▶ [Work order]
In the data below, which lines contain "entries"? List them by copying each one.

▶ [The records]
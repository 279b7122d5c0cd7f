//! Whether a lockfile survives a format.

ghost use Rattle.std.specs.Prelude.{◌≡◌, ◌↔◌, IfOk, IfSome, IsOkUnless, IsTrue, map, option_map};
ghost use Rattle.std.specs.List.{AllByRecursion};
ghost use Rattle.cargo_lock_parts.specs.declared.error.Error.TheVariants.{Memory};
ghost use Rattle.cargo_lock_parts.specs.Checksum.{digest_of};
ghost use Rattle.cargo_lock_parts.specs.Identity.{identity_of};
ghost use Rattle.cargo_lock_references.specs.declared.version.ResolveVersion.TheVariants.{V1};
ghost use Rattle.cargo_lock_references.specs.ReadBack.{DigestReadsBack};
ghost use Rattle.cargo_lock_references.specs.Records.{texts_of};
ghost use Rattle.cargo_lock_encoding.specs.Survives.{ChecksumSurvives, FormatSurvives};
ghost use Rattle.cargo_lock_encoding.specs.Survives.{FullReferenceSurvives, ListedSurvives};
ghost use Rattle.cargo_lock_encoding.specs.Survives.{OwnPartsSurvive, PatchSurvives, RootSurvives};
ghost use Rattle.cargo_lock_encoding.specs.Survives.{Survives};
ghost use Rattle.cargo_lock_encoding.specs.Survives.{WrittenReferenceSurvives};

use crate::encode::written_reference;
use crate::values::LockfileRef;
use cargo_lock_parts::dependency::Dependency;
use cargo_lock_parts::error::Result;
use cargo_lock_parts::laws::checksums_read_back;
use cargo_lock_parts::package::{Checksum, Package};
use cargo_lock_references::borrowed::is_escaped;
use cargo_lock_references::checksums::has_checksum_key;
use cargo_lock_references::index::Indexed;
use cargo_lock_references::metadata::Metadata;
use cargo_lock_references::read_back::{
    reference_survives, reference_survives_alone, source_survives, version_survives,
};
use cargo_lock_references::read_keys::ReadMetadata;
use cargo_lock_references::read_sources::ReadSources;
use cargo_lock_references::written_metadata::metadata_of;
use cargo_lock_references::{EncodableDependencyRef, ResolveVersion};
use std::alloc::Global;

impl LockfileRef<'_> {
    /// Whether the lockfile survives a format: whether its table, written in this format, reads
    /// back as a lockfile of this format with equal packages, root and patches. This is decided
    /// part by part, without writing the table: every version and source reads back from its text,
    /// each reference, as it is written, resolves to its dependency, checksums are found again, and
    /// the table reads back as V1 or as V2 by its metadata.
    ///
    /// A path source is not written, so a package with one survives no format. The one error is
    /// `Memory`, which is also the error for a source of 4 GB or more.
    pub fn survives(&self, alloc: Global, format: ResolveVersion) -> Result<bool>
        ensures ok { IfOk result (λ b. IsTrue b ↔ Survives self.now format) }
        ensures err { IsOkUnless result Memory }
    {
        let metadata = metadata_of(alloc, format, self.metadata, self.packages)?;
        let patch = self.patch;
        Ok(
            format_survives(format, &metadata)
                && patches_survive(alloc, format, patch.unused.as_slice())?
                && root_survives(alloc, format, self.root)?
                && packages_survive(alloc, format, &metadata, self.packages)?,
        )
    }
}

// Whether the format follows from the written metadata, if the table has no number.
fn format_survives(format: ResolveVersion, metadata: &Metadata) -> bool
    ensures { IsTrue result ↔ FormatSurvives format (texts_of metadata.now.entries) }
{
    match format {
        ResolveVersion::V1 => has_checksum_key(metadata),
        ResolveVersion::V2 => !has_checksum_key(metadata),
        ResolveVersion::V3 | ResolveVersion::V4 => true,
    }
}

fn patches_survive(alloc: Global, format: ResolveVersion, patches: &[Dependency]) -> Result<bool>
    ensures ok { IfOk result (λ b. IsTrue b
        ↔ AllByRecursion (PatchSurvives format) patches.now) }
    ensures err { IsOkUnless result Memory }
{
    let mut sources = ReadSources::new(alloc);
    for patch in patches {
        if !patch_survives(alloc, &mut sources, format, patch)? {
            return Ok(false);
        }
    }
    Ok(true)
}

fn patch_survives(
    alloc: Global,
    sources: &mut ReadSources,
    format: ResolveVersion,
    patch: &Dependency,
) -> Result<bool>
    ensures ok { IfOk result (λ b. IsTrue b ↔ PatchSurvives format patch.now) }
    ensures err { IsOkUnless result Memory }
{
    Ok(
        version_survives(alloc, &patch.version)?
            && source_survives(alloc, sources, is_escaped(format), &patch.source)?,
    )
}

fn root_survives(alloc: Global, format: ResolveVersion, root: &Option<Package>) -> Result<bool>
    ensures ok { IfOk result (λ b. IsTrue b ↔ IfSome root.now (RootSurvives format)) }
    ensures err { IsOkUnless result Memory }
{
    match root {
        Some(package) => {
            let mut sources = ReadSources::new(alloc);
            one_root_survives(alloc, &mut sources, format, package)
        }
        None => Ok(true),
    }
}

// The references of the root are in full.
fn one_root_survives(
    alloc: Global,
    sources: &mut ReadSources,
    format: ResolveVersion,
    package: &Package,
) -> Result<bool>
    ensures ok { IfOk result (λ b. IsTrue b ↔ RootSurvives format «package».now) }
    ensures err { IsOkUnless result Memory }
{
    digest_reads_back(&package.checksum);
    Ok(
        own_parts_survive(alloc, sources, format, package)?
            && full_references_survive(alloc, sources, format, package.dependencies.as_slice())?,
    )
}

fn packages_survive(
    alloc: Global,
    format: ResolveVersion,
    metadata: &Metadata,
    list: &[Package],
) -> Result<bool>
    ensures ok { IfOk result (λ b. IsTrue b
        ↔ AllByRecursion
        (ListedSurvives format (map identity_of list.now) (texts_of metadata.now.entries))
        list.now) }
    ensures err { IsOkUnless result Memory }
{
    let packages = Indexed::of(alloc, list)?;
    // Its keys are looked up only in V1. From V2 on only the keys of no package are left.
    let read = ReadMetadata::of(alloc, metadata)?;
    each_survives(alloc, format, &read, &packages, list)
}

fn each_survives<'a>(
    alloc: Global,
    format: ResolveVersion,
    metadata: &ReadMetadata<'_>,
    packages: &Indexed<'a, Package>,
    list: &'a [Package],
) -> Result<bool>
    ensures ok { IfOk result (λ b. IsTrue b
        ↔ AllByRecursion
        (ListedSurvives format (map identity_of packages.now) metadata.now) list.now) }
    ensures err { IsOkUnless result Memory }
{
    let mut sources = ReadSources::new(alloc);
    for package in list {
        if !package_survives(alloc, &mut sources, format, metadata, packages, package)? {
            return Ok(false);
        }
    }
    Ok(true)
}

// Whether the parts of a package, its references and its checksum survive.
fn package_survives<'a>(
    alloc: Global,
    sources: &mut ReadSources,
    format: ResolveVersion,
    metadata: &ReadMetadata<'_>,
    packages: &Indexed<'a, Package>,
    package: &'a Package,
) -> Result<bool>
    ensures ok { IfOk result (λ b. IsTrue b
        ↔ ListedSurvives format (map identity_of packages.now) metadata.now «package».now) }
    ensures err { IsOkUnless result Memory }
{
    let dependencies = package.dependencies.as_slice();
    Ok(
        own_parts_survive(alloc, sources, format, package)?
            && references_survive(alloc, sources, format, packages, dependencies)?
            && checksum_survives(format, metadata, package)?,
    )
}

// Whether the version, the source and the replacement survive.
fn own_parts_survive(
    alloc: Global,
    sources: &mut ReadSources,
    format: ResolveVersion,
    package: &Package,
) -> Result<bool>
    ensures ok { IfOk result (λ b. IsTrue b ↔ OwnPartsSurvive format «package».now) }
    ensures err { IsOkUnless result Memory }
{
    Ok(
        version_survives(alloc, &package.version)?
            && source_survives(alloc, sources, is_escaped(format), &package.source)?
            && replace_survives(alloc, sources, format, &package.replace)?,
    )
}

// A replacement is in full, and resolved without a list.
fn replace_survives(
    alloc: Global,
    sources: &mut ReadSources,
    format: ResolveVersion,
    replace: &Option<Dependency>,
) -> Result<bool>
    ensures ok { IfOk result
        (λ b. IsTrue b ↔ IfSome replace.now (FullReferenceSurvives format)) }
    ensures err { IsOkUnless result Memory }
{
    match replace {
        Some(dependency) => full_reference_survives(alloc, sources, format, dependency),
        None => Ok(true),
    }
}

// ---- checksums

// Whether the checksum is found again: in V1 in the written metadata. From V2 on every one is
// found.
fn checksum_survives(
    format: ResolveVersion,
    metadata: &ReadMetadata<'_>,
    package: &Package,
) -> Result<bool>
    ensures ok { IfOk result (λ b. IsTrue b ↔ ChecksumSurvives format metadata.now «package».now) }
    ensures err { IsOkUnless result Memory }
{
    match format {
        ResolveVersion::V1 => is_told_alike(metadata, package),
        ResolveVersion::V2 | ResolveVersion::V3 | ResolveVersion::V4 => {
            digest_reads_back(&package.checksum);
            Ok(true)
        }
    }
}

// Whether the metadata has for the package the checksum that the package has, or none if it has
// none.
fn is_told_alike(metadata: &ReadMetadata<'_>, package: &Package) -> Result<bool>
    ensures ok { IfOk result (λ b. IsTrue b ↔ ChecksumSurvives V1 metadata.now «package».now) }
    ensures err { IsOkUnless result Memory }
{
    let found = metadata.checksum(&package.name, &package.version)?;
    Ok(same_checksum(&found, &package.checksum))
}

fn same_checksum(a: &Option<Checksum>, b: &Option<Checksum>) -> bool
    ensures { IsTrue result ↔ (option_map digest_of a.now ≡ option_map digest_of b.now) }
{
    match (a, b) {
        (None, None) => true,
        (Some(a), Some(b)) => a == b,
        (None, Some(_)) | (Some(_), None) => false,
    }
}

// The contract says that every checksum reads back from its text.
fn digest_reads_back(checksum: &Option<Checksum>)
    ensures { IfSome (option_map digest_of checksum.now) DigestReadsBack }
{
    if let Some(Checksum::Sha256(digest)) = checksum {
        bytes_read_back(digest);
    }
}

fn bytes_read_back(digest: &[u8; 32])
    ensures { DigestReadsBack digest.now }
{
    checksums_read_back();
}

// ---- references

fn references_survive<'a>(
    alloc: Global,
    sources: &mut ReadSources,
    format: ResolveVersion,
    list: &Indexed<'a, Package>,
    dependencies: &'a [Dependency],
) -> Result<bool>
    ensures ok { IfOk result (λ b. IsTrue b
        ↔ AllByRecursion
        (WrittenReferenceSurvives format (map identity_of list.now)) dependencies.now) }
    ensures err { IsOkUnless result Memory }
{
    for dependency in dependencies {
        if !written_reference_survives(alloc, sources, format, list, dependency)? {
            return Ok(false);
        }
    }
    Ok(true)
}

// Whether a reference, as it is written, survives where it is resolved: in V1 without a list.
fn written_reference_survives<'a>(
    alloc: Global,
    sources: &mut ReadSources,
    format: ResolveVersion,
    list: &Indexed<'a, Package>,
    dependency: &'a Dependency,
) -> Result<bool>
    ensures ok { IfOk result (λ b. IsTrue b
        ↔ WrittenReferenceSurvives format (map identity_of list.now) dependency.now) }
    ensures err { IsOkUnless result Memory }
{
    let reference = written_reference(format, list, dependency);
    let survives = match format {
        ResolveVersion::V1 => reference_survives_alone(alloc, sources, &reference, dependency)?,
        ResolveVersion::V2 | ResolveVersion::V3 | ResolveVersion::V4 => {
            reference_survives(alloc, sources, &reference, list, dependency)?
        }
    };
    Ok(survives)
}

fn full_references_survive(
    alloc: Global,
    sources: &mut ReadSources,
    format: ResolveVersion,
    dependencies: &[Dependency],
) -> Result<bool>
    ensures ok { IfOk result (λ b. IsTrue b
        ↔ AllByRecursion (FullReferenceSurvives format) dependencies.now) }
    ensures err { IsOkUnless result Memory }
{
    for dependency in dependencies {
        if !full_reference_survives(alloc, sources, format, dependency)? {
            return Ok(false);
        }
    }
    Ok(true)
}

fn full_reference_survives(
    alloc: Global,
    sources: &mut ReadSources,
    format: ResolveVersion,
    dependency: &Dependency,
) -> Result<bool>
    ensures ok { IfOk result
        (λ b. IsTrue b ↔ FullReferenceSurvives format dependency.now) }
    ensures err { IsOkUnless result Memory }
{
    let reference = EncodableDependencyRef::from_dependency(dependency, format);
    let survives = reference_survives_alone(alloc, sources, &reference, dependency)?;
    Ok(survives)
}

▶ [Task result]
    ensures { IsTrue result ↔ FormatSurvives format (texts_of metadata.now.entries) }
        (ListedSurvives format (map identity_of list.now) (texts_of metadata.now.entries))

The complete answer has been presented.